### About this exercise
Your answer should be every line from the records that contains "order".

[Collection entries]
+ + + + +

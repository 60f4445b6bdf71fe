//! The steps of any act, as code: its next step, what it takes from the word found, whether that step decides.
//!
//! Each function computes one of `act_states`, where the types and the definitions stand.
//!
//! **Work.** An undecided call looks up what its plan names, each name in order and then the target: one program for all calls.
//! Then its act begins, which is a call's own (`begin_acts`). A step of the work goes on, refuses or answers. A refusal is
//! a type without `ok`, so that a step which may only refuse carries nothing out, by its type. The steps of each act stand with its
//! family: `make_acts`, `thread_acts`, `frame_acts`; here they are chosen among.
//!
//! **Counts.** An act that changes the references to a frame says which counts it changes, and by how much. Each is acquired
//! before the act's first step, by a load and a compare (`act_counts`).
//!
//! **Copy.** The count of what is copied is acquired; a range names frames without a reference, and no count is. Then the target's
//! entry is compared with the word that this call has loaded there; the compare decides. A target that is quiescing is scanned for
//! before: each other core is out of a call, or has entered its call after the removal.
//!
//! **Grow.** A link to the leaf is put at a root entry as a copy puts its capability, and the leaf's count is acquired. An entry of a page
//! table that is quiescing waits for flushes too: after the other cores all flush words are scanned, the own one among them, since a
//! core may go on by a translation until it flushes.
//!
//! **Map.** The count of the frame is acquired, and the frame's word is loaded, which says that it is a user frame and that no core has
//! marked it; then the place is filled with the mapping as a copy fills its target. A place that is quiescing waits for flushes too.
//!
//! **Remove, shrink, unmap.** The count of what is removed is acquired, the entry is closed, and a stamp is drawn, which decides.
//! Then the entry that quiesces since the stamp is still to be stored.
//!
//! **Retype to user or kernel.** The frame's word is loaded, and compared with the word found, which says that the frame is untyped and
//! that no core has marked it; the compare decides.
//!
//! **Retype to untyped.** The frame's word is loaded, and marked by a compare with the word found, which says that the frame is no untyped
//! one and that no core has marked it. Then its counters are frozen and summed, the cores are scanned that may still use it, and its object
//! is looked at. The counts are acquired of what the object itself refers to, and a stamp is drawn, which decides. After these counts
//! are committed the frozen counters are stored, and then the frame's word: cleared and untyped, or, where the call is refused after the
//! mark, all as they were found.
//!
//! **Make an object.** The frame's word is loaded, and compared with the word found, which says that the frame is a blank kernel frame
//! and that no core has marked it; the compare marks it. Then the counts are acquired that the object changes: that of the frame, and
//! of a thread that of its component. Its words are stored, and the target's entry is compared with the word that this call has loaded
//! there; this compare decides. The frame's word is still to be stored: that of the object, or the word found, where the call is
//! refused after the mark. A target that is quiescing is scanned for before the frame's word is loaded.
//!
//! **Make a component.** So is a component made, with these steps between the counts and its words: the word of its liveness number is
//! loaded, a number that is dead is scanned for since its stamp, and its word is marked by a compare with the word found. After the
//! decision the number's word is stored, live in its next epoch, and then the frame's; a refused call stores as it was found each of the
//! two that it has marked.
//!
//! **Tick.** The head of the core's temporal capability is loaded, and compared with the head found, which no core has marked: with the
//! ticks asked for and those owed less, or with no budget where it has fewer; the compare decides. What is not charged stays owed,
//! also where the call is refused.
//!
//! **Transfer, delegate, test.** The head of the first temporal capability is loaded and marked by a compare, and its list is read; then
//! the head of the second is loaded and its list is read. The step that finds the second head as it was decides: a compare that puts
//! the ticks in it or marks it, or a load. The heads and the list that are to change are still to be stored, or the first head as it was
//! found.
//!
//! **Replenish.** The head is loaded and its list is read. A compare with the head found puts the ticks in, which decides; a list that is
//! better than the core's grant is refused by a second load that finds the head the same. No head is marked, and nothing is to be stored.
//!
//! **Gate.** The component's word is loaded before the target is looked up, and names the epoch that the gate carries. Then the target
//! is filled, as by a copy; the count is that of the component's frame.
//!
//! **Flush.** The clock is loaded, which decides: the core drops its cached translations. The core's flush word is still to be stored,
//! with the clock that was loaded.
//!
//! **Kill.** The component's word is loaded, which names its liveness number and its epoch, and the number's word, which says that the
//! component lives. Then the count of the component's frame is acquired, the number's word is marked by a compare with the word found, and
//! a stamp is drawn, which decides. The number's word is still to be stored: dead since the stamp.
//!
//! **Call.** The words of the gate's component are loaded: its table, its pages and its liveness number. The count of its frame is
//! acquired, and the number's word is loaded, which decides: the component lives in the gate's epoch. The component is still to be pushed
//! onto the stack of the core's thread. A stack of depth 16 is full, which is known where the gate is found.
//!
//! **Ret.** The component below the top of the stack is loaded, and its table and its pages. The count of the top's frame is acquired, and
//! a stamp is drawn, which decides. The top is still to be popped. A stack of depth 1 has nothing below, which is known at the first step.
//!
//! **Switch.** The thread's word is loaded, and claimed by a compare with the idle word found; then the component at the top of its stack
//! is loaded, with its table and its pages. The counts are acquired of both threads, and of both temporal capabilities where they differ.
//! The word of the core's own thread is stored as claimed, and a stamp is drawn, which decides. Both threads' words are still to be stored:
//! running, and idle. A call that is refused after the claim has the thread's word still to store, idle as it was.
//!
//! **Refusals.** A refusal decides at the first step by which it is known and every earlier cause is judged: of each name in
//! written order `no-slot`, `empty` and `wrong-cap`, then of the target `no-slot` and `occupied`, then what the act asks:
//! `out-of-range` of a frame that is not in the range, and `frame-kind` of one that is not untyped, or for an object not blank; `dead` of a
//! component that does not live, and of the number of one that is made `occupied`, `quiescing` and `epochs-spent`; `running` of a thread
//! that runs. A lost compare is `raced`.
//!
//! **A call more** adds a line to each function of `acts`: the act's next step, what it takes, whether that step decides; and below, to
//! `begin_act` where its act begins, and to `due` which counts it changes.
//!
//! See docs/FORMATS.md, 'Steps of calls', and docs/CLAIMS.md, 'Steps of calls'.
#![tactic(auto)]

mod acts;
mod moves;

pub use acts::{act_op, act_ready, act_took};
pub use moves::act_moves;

+ + + + +

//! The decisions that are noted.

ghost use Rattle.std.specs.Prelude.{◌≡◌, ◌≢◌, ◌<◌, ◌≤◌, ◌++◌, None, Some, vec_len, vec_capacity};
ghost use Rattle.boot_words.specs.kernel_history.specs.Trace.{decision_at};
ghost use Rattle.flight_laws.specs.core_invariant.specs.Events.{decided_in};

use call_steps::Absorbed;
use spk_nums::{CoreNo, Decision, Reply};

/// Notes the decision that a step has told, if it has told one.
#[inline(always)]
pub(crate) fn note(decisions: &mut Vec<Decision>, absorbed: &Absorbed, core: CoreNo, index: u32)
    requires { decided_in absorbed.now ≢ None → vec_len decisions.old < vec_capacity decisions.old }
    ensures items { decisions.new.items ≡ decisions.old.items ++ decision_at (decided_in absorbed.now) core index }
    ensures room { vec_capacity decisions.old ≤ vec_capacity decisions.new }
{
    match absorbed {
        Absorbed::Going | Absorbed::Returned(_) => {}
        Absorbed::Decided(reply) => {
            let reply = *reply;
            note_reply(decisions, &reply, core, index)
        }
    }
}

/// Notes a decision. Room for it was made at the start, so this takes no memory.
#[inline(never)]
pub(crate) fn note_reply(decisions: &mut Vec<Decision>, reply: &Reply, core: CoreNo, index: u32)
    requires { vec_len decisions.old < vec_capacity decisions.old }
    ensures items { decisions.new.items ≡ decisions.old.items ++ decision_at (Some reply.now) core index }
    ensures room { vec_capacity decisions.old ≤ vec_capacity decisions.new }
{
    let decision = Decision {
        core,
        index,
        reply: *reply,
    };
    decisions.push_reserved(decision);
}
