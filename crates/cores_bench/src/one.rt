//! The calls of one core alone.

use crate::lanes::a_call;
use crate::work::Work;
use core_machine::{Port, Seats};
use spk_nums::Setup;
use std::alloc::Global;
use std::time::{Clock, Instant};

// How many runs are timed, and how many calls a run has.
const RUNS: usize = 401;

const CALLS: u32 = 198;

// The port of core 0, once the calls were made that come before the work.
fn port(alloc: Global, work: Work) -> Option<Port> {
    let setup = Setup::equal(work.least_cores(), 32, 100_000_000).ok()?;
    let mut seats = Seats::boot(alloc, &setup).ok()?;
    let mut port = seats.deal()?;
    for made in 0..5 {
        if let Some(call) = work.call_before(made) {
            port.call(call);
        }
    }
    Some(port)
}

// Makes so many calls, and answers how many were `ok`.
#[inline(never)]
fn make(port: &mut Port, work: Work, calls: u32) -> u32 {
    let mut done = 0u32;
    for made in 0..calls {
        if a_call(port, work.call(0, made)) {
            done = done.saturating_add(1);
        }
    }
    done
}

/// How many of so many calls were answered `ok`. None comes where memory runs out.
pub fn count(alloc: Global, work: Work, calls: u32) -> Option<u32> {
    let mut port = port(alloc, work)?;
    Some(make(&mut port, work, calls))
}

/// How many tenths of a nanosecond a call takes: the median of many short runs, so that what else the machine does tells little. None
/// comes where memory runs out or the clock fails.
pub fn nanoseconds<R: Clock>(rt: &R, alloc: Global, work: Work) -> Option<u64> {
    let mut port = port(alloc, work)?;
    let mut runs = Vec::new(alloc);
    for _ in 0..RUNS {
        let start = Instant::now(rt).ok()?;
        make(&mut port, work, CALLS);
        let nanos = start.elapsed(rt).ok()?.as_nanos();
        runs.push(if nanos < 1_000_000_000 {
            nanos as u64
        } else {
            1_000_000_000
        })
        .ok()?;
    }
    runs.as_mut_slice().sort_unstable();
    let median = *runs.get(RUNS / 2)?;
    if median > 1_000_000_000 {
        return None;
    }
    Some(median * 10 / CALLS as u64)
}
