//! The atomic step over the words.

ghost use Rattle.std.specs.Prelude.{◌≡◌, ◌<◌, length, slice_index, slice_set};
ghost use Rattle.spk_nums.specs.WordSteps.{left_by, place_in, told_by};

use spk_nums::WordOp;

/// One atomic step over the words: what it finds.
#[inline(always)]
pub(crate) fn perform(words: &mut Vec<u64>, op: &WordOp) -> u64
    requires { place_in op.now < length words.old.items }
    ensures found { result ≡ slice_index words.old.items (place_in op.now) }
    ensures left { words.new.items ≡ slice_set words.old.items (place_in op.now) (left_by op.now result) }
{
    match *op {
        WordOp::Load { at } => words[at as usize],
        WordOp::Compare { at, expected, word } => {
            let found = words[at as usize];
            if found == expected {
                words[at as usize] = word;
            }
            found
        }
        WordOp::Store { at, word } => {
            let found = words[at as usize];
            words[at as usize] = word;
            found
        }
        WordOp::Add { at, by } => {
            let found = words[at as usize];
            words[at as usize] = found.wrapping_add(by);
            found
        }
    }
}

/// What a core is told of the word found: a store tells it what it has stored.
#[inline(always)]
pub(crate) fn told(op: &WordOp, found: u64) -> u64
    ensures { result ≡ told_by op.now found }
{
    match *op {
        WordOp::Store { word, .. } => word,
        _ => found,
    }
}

+ + + + +

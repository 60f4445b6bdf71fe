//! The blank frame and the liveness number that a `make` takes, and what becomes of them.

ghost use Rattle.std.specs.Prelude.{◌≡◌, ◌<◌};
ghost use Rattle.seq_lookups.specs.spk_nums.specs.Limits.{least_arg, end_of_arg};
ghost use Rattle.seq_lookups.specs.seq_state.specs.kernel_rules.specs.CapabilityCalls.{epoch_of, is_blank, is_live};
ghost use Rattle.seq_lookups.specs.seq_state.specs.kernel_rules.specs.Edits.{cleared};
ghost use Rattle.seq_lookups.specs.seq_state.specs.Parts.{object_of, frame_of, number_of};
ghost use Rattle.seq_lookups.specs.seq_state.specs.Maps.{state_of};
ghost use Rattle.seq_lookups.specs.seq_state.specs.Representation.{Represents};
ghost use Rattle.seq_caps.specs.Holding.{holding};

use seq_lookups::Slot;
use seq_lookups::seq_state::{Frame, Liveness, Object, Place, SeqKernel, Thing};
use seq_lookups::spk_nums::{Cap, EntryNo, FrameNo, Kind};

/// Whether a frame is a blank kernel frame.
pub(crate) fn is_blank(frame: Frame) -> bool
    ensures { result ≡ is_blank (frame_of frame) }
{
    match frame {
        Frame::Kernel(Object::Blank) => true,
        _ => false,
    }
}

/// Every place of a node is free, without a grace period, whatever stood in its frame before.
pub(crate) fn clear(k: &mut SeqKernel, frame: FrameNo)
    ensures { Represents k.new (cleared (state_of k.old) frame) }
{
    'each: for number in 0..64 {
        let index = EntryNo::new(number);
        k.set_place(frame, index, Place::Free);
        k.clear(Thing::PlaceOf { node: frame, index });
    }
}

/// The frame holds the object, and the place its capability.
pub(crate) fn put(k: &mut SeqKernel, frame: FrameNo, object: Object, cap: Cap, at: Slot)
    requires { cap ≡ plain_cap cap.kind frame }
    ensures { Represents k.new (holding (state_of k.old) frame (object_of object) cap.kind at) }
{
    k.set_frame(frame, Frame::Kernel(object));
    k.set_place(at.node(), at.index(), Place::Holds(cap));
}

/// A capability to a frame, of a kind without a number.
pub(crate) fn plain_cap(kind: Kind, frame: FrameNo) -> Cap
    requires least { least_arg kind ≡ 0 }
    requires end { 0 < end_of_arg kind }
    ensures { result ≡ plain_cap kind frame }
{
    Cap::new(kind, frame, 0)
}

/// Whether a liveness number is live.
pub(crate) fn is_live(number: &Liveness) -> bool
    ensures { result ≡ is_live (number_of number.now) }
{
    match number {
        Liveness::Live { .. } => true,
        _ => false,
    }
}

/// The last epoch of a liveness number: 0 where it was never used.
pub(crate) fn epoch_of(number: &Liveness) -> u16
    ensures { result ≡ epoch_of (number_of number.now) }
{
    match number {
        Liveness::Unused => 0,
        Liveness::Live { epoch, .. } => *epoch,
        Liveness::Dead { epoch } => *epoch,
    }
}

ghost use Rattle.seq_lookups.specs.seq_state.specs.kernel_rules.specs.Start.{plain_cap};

+ + + + +

### Problem solution
//! **Work.** An undecided call looks up what its plan names, each name in order and then the target: one program for all calls.
//! written order `no-slot`, `empty` and `wrong-cap`, then of the target `no-slot` and `occupied`, then what the act asks:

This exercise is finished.